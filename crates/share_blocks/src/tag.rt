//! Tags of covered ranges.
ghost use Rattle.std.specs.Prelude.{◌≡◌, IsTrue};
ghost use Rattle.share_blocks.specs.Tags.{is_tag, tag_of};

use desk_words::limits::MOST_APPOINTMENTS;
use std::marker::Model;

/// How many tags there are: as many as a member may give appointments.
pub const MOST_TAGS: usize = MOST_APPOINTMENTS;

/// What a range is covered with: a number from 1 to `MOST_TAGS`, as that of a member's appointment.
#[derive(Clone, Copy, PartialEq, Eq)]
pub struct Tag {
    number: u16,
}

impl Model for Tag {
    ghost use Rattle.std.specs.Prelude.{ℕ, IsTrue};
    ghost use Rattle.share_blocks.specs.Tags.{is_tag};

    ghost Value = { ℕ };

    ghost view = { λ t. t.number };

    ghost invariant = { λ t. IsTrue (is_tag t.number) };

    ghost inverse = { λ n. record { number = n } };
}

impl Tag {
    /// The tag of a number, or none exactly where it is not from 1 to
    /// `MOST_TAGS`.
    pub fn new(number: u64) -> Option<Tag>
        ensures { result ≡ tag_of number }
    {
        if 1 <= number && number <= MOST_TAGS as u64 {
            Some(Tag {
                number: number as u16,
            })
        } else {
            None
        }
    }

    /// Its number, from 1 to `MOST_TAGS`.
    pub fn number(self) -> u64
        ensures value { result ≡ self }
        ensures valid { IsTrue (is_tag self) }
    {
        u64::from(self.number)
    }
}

···

--- Task to complete ---
The answer should consist solely of the lines from the one that contains "Its number, from" through the end of the material above, copied exactly.

--- Output ---
    /// Its number, from 1 to `MOST_TAGS`.
    pub fn number(self) -> u64
        ensures value { result ≡ self }
        ensures valid { IsTrue (is_tag self) }
    {
        u64::from(self.number)
    }
}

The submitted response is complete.